T.L. : Oui. Je n’en ai pas vu beaucoup après ma blessure, mais avant celle-ci, j’en ai vu en grand nombre. Vous pouvez même saisir la différence parce que le son n’est pas le même. Alors, le cœur me flanche toujours quand je les entends arriver et frapper un.e patient.e. J’ai toujours su, quand nous allons voir ces patients.es que, premièrement il va falloir travailler très fort directement sur le terrain et ensuite à l’hôpital et que, deuxièmement, que leur vie sera lourdement affectée pour le reste de leurs jours. Médecins sans frontières a publié un rapport au sujet de ces blessures inhabituelles.

Le jour où j’ai été atteint, j’ai trouvé une photo d’un enfant qui avait été atteint par ce genre de munition une seule fois ; sa jambe était pulvérisée. J’ai été chanceux, j’ai été blessé par une balle normale. C’est pourquoi je n’ai pas eu besoin d’amputation. Je suis chanceux. Mais, tant de gens ont été atteint par cette sorte de balles….je ne sais pas pourquoi cela se produit et je ne peux me prononcer sur l’intérêt d’utiliser ces balles. Mais, sur le terrain elles représentent une destruction absolue, la pulvérisation des os et des amputations presque immédiates. D’habitude, nous soignons la partie distale et la partie éloignée du point d’impact séparément, avec ce type de balles nous ne pouvons le faire parce que les dégâts sont trop importants.

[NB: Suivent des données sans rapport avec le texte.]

//! Why a journal isn't read.
use eu_lines::ScriptFault;
use std::alloc::{AllocError, AllocFailed};
use thiserror::Error;

/// Why a journal isn't read.
#[derive(Clone, Copy, Debug, Error, PartialEq, Eq)]
pub enum JournalFault {
    /// The line of this number, the first having 1, is too long, isn't a line of a journal, can't follow the lines before it, or is the digest of
    /// something else.
    #[error("line {0}: no line of a journal")]
    BadLine(u64),
    /// The text ended before the line of the digest.
    #[error("the journal isn't whole")]
    EndsEarly,
    /// A read failed, or the text is longer than a journal may be.
    #[error("a read failed")]
    Read,
    /// No memory was left.
    #[error("out of memory")]
    OutOfMemory,
}

impl From<AllocError> for JournalFault {
    ghost use Rattle.std.specs.Prelude.{◌≡◌};
    ghost use Rattle.eu_journal_read.specs.declared.faults.JournalFault.TheVariants.{OutOfMemory};

    ghost from_gives = { λ _ fault. fault ≡ OutOfMemory };

    fn from(_error: AllocError) -> JournalFault {
        JournalFault::OutOfMemory
    }
}

impl<T: Drop> From<AllocFailed<T>> for JournalFault {
    ghost use Rattle.std.specs.Prelude.{◌≡◌};
    ghost use Rattle.eu_journal_read.specs.declared.faults.JournalFault.TheVariants.{OutOfMemory};

    ghost from_gives = { λ _ fault. fault ≡ OutOfMemory };

    fn from(_error: AllocFailed<T>) -> JournalFault {
        JournalFault::OutOfMemory
    }
}

impl From<ScriptFault> for JournalFault {
    ghost use Rattle.std.specs.Prelude.{◌≡◌};
    ghost use Rattle.eu_journal_read.specs.Faults.{fault_of};

    ghost from_gives = { λ fault found. found ≡ fault_of fault };

    fn from(fault: ScriptFault) -> JournalFault {
        match fault {
            ScriptFault::BadLine(line) => JournalFault::BadLine(line),
            ScriptFault::Read | ScriptFault::Write => JournalFault::Read,
            ScriptFault::OutOfMemory => JournalFault::OutOfMemory,
        }
    }
}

A.G. : Dr. Loubani, il nous reste 30 secondes. Vous nous parlez de Gaza alors que vous êtes blessé aux deux jambes. Quelles sont vos pensées ? Vous venez de cette région où les Palestiniens.nes disent que leurs manifestations non violentes vont se poursuivre.

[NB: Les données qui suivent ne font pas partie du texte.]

/// Whether it prints that, with self-preservation or without.
fn joined_prints(
    alloc: Global,
    preserves: bool,
    expected: u32,
    clients: u32,
    lines: &str,
    replies: &str,
) -> Result<bool, AllocError> {
    let text = joined_and(alloc, expected, clients, lines)?;
    let printed = printed_and(alloc, clients, replies)?;
    Ok(prints(alloc, preserves, text.as_bytes(), printed.as_bytes()))
}

/// Gives a text one byte at a time.
#[derive(Drop)]
struct Single<'a> {
    text: &'a [u8],
}

impl Read for Single<'_> {
    ghost remaining = { λ _. None };

    fn read(&mut self, buf: &mut [u8]) -> io::Result<usize> {
        if self.text.is_empty() || buf.is_empty() {
            return Ok(0);
        }
        buf[0] = self.text[0];
        self.text = &self.text[1..];
        Ok(1)
    }
}

const ANSWERED: [(&[u8], &[u8]); 7] = [
    (
        b"open 1\nregister 0 A i1 90 UP UNKNOWN 0 c\nrenew 30000 A i1 - - c\ncounts 30000\n",
        b"opened\n204\n200\nheld 1 expected 2 threshold 3 last 0 permitted no\n",
    ),
    (b"", b""),
    (b"\n\n", b""),
    (
        b"open 0\nregister 0 a i1 0 UP UNKNOWN - c\nrenew 1 A i1 - - r\nrenew 1 A i2 - - c\ncounts 1\n",
        b"opened\n204\n200\n404\nheld 1 expected 0 threshold 0 last 0 permitted no\n",
    ),
    // the last line needs no LF, and blank ones are skipped
    (b"\nopen 7\n\nrenew 0 A i1 - - c", b"opened\n404\n"),
    // the greatest of each number, with 20 digits, and each status
    (
        b"open 4294967295\nregister 04611686018427387904 A i1 2147483 DOWN UNKNOWN 9223372036854775807 r\n",
        b"opened\n204\n",
    ),
    (
        b"open 00000000000000000001\nregister 0 A i1 1 STARTING UNKNOWN - c\nregister 0 A i2 1 OUT_OF_SERVICE UNKNOWN - c\nregister 0 A i3 1 UNKNOWN UNKNOWN - c\nrenew 1 A i3 - - c\n",
        b"opened\n204\n204\n204\n404\n",
    ),
];

#[test]
fn scripts_are_answered(rt: HostRuntime) {
    for (text, printed) in ANSWERED.as_slice() {
        let mut reader = *text;
        assert!(rt; ends(rt.alloc(), &mut reader, Ok(()), printed));
        let mut single = Single { text };
        assert!(rt; ends(rt.alloc(), &mut single, Ok(()), printed));
    }
}

const PAGES: [(&[u8], &[u8]); 3] = [
    (
        b"open 1\nregister 0 A i1 90 UP UNKNOWN 0 c\nrenew 30000 A i1 - - c\ncounts 30000\npage 30000\n",
        b"opened\n204\n200\nheld 1 expected 2 threshold 3 last 0 permitted no\nheld 1\nexpected 2\nthreshold 3\nlast 0\npreservation on\npermitted no\nstatuses UP_1_\n",
    ),
    (
        b"open 0\npage 0",
        b"opened\nheld 0\nexpected 0\nthreshold 0\nlast 0\npreservation on\npermitted no\nstatuses \n",
    ),
    // two applications, and a status that overrides the instance's own
    (
        b"open 0\nregister 0 B b1 90 STARTING UNKNOWN - c\nregister 0 A a2 90 UP UNKNOWN - c\nregister 0 A a1 90 UP DOWN - c\nregister 0 A a3 90 UP UNKNOWN - c\npage 1\ncancel 1 A a1 c\npage 1\n",
        b"opened\n204\n204\n204\n204\nheld 4\nexpected 0\nthreshold 0\nlast 0\npreservation on\npermitted no\nstatuses DOWN_1_STARTING_1_UP_2_\n200\nheld 3\nexpected 0\nthreshold 0\nlast 0\npreservation on\npermitted no\nstatuses STARTING_1_UP_2_\n",
    ),
];

#[test]
fn the_status_page_is_printed(rt: HostRuntime) {
    for (text, printed) in PAGES.as_slice() {
        assert!(rt; prints(rt.alloc(), true, text, printed));
    }
}

#[test]
fn the_status_page_tells_of_the_expired(rt: HostRuntime) {
    let text =
        b"open 0\nregister 0 A i1 10 UP UNKNOWN - c\nlook 10001 A i1\npage 10001\nevict 10001\n".as_slice();
    let printed =
        b"opened\n204\n404\nheld 1\nexpected 0\nthreshold 0\nlast 0\npreservation off\npermitted yes\nstatuses UP_1_\nevicted 1 A i1\n".as_slice();
    assert!(rt; prints(rt.alloc(), false, text, printed));
}

const LEASES: [(&[u8], &[u8]); 4] = [
    // the greater stamp stays, and of equal ones the newcomer's
    (
        b"open 0\nregister 1 A i1 90 UP UNKNOWN 10 c\nregister 5 A i1 30 STARTING UNKNOWN 9 c\nlook 5 A i1\nregister 7 A i1 30 STARTING UNKNOWN 10 c\nlook 7 A i1\n",
        b"opened\n204\n204\nfound UP UNKNOWN dirty 10 secs 30 registered 5 up 1 updated 5\n204\nfound STARTING UNKNOWN dirty 10 secs 30 registered 7 up 1 updated 7\n",
    ),
    (
        b"open 0\ncancel 0 A i1 c\nregister 0 A i1 90 UP UNKNOWN - c\ncancel 1 A i1 c\ncancel 1 A i1 c\ncounts 1\n",
        b"opened\n404\n204\n200\n404\nheld 0 expected 0 threshold 0 last 0 permitted no\n",
    ),
    // one fewer is expected where a lease goes, also where a peer says so
    (
        b"open 2\nregister 0 A i1 90 UP UNKNOWN - c\ncancel 1 A i2 r\ncancel 1 A i1 r\nlook 1 A i1\ncounts 1\n",
        b"opened\n204\n404\n200\n404\nheld 0 expected 2 threshold 3 last 0 permitted no\n",
    ),
    // a renewal counts from one duration later: 1000 + 90,000
    (
        b"open 1\nregister 0 a i1 90 UP UNKNOWN 4 c\nrenew 1000 A i1 - - c\nlook 1000 a i1\n",
        b"opened\n204\n200\nfound UP UNKNOWN dirty 4 secs 90 registered 0 up 0 updated 91000\n",
    ),
];

#[test]
fn leases_are_looked_at_and_cancelled(rt: HostRuntime) {
    for (text, printed) in LEASES.as_slice() {
        assert!(rt; prints(rt.alloc(), true, text, printed));
    }
}

#[test]
fn an_expired_lease_is_hidden_while_eviction_is_permitted(rt: HostRuntime) {
    let text =
        b"open 5\nregister 0 A i1 1 UP UNKNOWN - c\nlook 1000 A i1\nlook 1001 A i1\n".as_slice();
    let found =
        b"opened\n204\nfound UP UNKNOWN dirty 0 secs 1 registered 0 up 0 updated 0\nfound UP UNKNOWN dirty 0 secs 1 registered 0 up 0 updated 0\n".as_slice();
    let hidden =
        b"opened\n204\nfound UP UNKNOWN dirty 0 secs 1 registered 0 up 0 updated 0\n404\n".as_slice();
    assert!(rt; prints(rt.alloc(), true, text, found));
    assert!(rt; prints(rt.alloc(), false, text, hidden));
}

const COMPARED: [(&[u8], &[u8]); 3] = [
    (
        b"open 0\nregister 0 A i1 90 UP UNKNOWN 10 c\nrenew 1 A i1 9 - c\nrenew 1 A i1 10 - c\nrenew 1 A i1 11 - c\nrenew 1 A i1 9 - r\nrenew 1 A i1 10 - r\nrenew 1 A i1 11 - r\nroll 2\n",
        b"opened\n204\n200\n200\n404\n409 UP UNKNOWN 10\n200\n404\nlast 6\n",
    ),
    // the status that a peer brings with a newer stamp overrides the held one
    (
        b"open 0\nregister 0 A i1 90 UP UNKNOWN 3 c\nadopt 1 A i1 90 UP OUT_OF_SERVICE 7\nlook 1 A i1\nadopt 2 A i1 30 STARTING UNKNOWN 5\nlook 2 A i1\n",
        b"opened\n204\n204\nfound OUT_OF_SERVICE OUT_OF_SERVICE dirty 7 secs 90 registered 1 up 0 updated 1\n204\nfound OUT_OF_SERVICE OUT_OF_SERVICE dirty 7 secs 30 registered 2 up 0 updated 2\n",
    ),
    // a greater stamp comes with a status, and a smaller one doesn't
    (
        b"open 0\nregister 1 A x 90 UP UNKNOWN 3 c\nset 2 A x DOWN 7 c\nlook 2 A x\nunset 3 A x UP 8 r\nlook 3 A x\nset 4 A x DOWN 2 r\nlook 4 A x\n",
        b"opened\n204\n200\nfound DOWN DOWN dirty 7 secs 90 registered 1 up 1 updated 90002\n200\nfound UP UNKNOWN dirty 8 secs 90 registered 1 up 1 updated 90003\n200\nfound DOWN DOWN dirty 8 secs 90 registered 1 up 1 updated 90004\n",
    ),
];

#[test]
fn stamps_are_compared(rt: HostRuntime) {
    for (text, printed) in COMPARED.as_slice() {
        assert!(rt; prints(rt.alloc(), true, text, printed));
    }
}

const SET: [(&[u8], &[u8]); 5] = [
    // one override takes the place of another
    (
        b"open 0\nregister 0 A x 90 UP UNKNOWN - c\nset 1 A x DOWN - c\nset 2 A x OUT_OF_SERVICE - c\nlook 2 A x\n",
        b"opened\n204\n200\n200\nfound OUT_OF_SERVICE OUT_OF_SERVICE dirty 0 secs 90 registered 0 up 0 updated 90002\n",
    ),
    // without a status of its own the instance is UNKNOWN, and isn't renewed
    (
        b"open 0\nregister 0 A i1 90 UP UNKNOWN - c\nset 1 A i1 OUT_OF_SERVICE - c\nrenew 2 A i1 - - c\nunset 3 A i1 - - c\nrenew 4 A i1 - - c\nroll 5\n",
        b"opened\n204\n200\n200\n200\n404\nlast 1\n",
    ),
    // an override goes by the id, whichever the application
    (
        b"open 0\nregister 0 A x 90 UP UNKNOWN - c\nregister 0 B x 90 UP UNKNOWN - c\nset 1 A x OUT_OF_SERVICE - c\nrenew 3 B x - - c\nlook 3 B x\n",
        b"opened\n204\n204\n200\n200\nfound OUT_OF_SERVICE UNKNOWN dirty 0 secs 90 registered 0 up 0 updated 90003\n",
    ),
    (
        b"open 0\nregister 0 A x 90 UP UNKNOWN - c\nregister 0 B x 90 UP UNKNOWN - c\nset 1 A x OUT_OF_SERVICE - c\ncancel 2 C x c\nrenew 3 B x - - c\nlook 3 B x\n",
        b"opened\n204\n204\n200\n404\n200\nfound UP UNKNOWN dirty 0 secs 90 registered 0 up 0 updated 90003\n",
    ),
    // a registration again stays overridden
    (
        b"open 0\nregister 1 A i1 90 UP OUT_OF_SERVICE 1 c\nregister 2 A i1 90 UP UNKNOWN 2 c\nlook 2 A i1\nunset 3 A i1 UP - c\nlook 3 A i1\n",
        b"opened\n204\n204\nfound OUT_OF_SERVICE OUT_OF_SERVICE dirty 2 secs 90 registered 2 up 0 updated 2\n200\nfound UP UNKNOWN dirty 2 secs 90 registered 2 up 0 updated 90003\n",
    ),
];

#[test]
fn statuses_are_set_and_unset(rt: HostRuntime) {
    for (text, printed) in SET.as_slice() {
        assert!(rt; prints(rt.alloc(), true, text, printed));
    }
}

#[test]
fn a_status_is_set_on_a_visible_lease_alone(rt: HostRuntime) {
    let text =
        b"open 0\nregister 0 A i1 10 UP UNKNOWN 0 c\nlook 10000 A i1\nlook 10001 A i1\nset 10001 A i1 DOWN - c\nrenew 10001 A i1 - - c\nlook 10001 A i1\n".as_slice();
    let printed =
        b"opened\n204\nfound UP UNKNOWN dirty 0 secs 10 registered 0 up 0 updated 0\n404\n404\n200\nfound UP UNKNOWN dirty 0 secs 10 registered 0 up 0 updated 20001\n".as_slice();
    assert!(rt; prints(rt.alloc(), false, text, printed));
}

T.L. : Je suis venu ici parce que je crois vraiment que toute personne, quelle que soit sa couleur de peau, sa nationalité, ses principes, même ses allégeances politiques, a droit aux meilleurs soins médicaux. Je n’ai pas pu accomplir cela lundi, mes collègues non plus. Pour la première fois en six semaines, nous avons vu des patients.es mourir sur le terrain, alors que ces morts auraient pu être prévenues, qu’elles n’auraient jamais dû se produire. Je veux voir un Gaza où il arriverait deux choses : 1- qu’aucun.e membre d’équipes médicales ne se sente en danger ou ciblé.e et 2- que les racines des protestations, de la dévastation et du désespoir soient prises en mains par la communauté internationale et, bien sûr par Israël, qui est le responsable ultime de la situation à Gaza.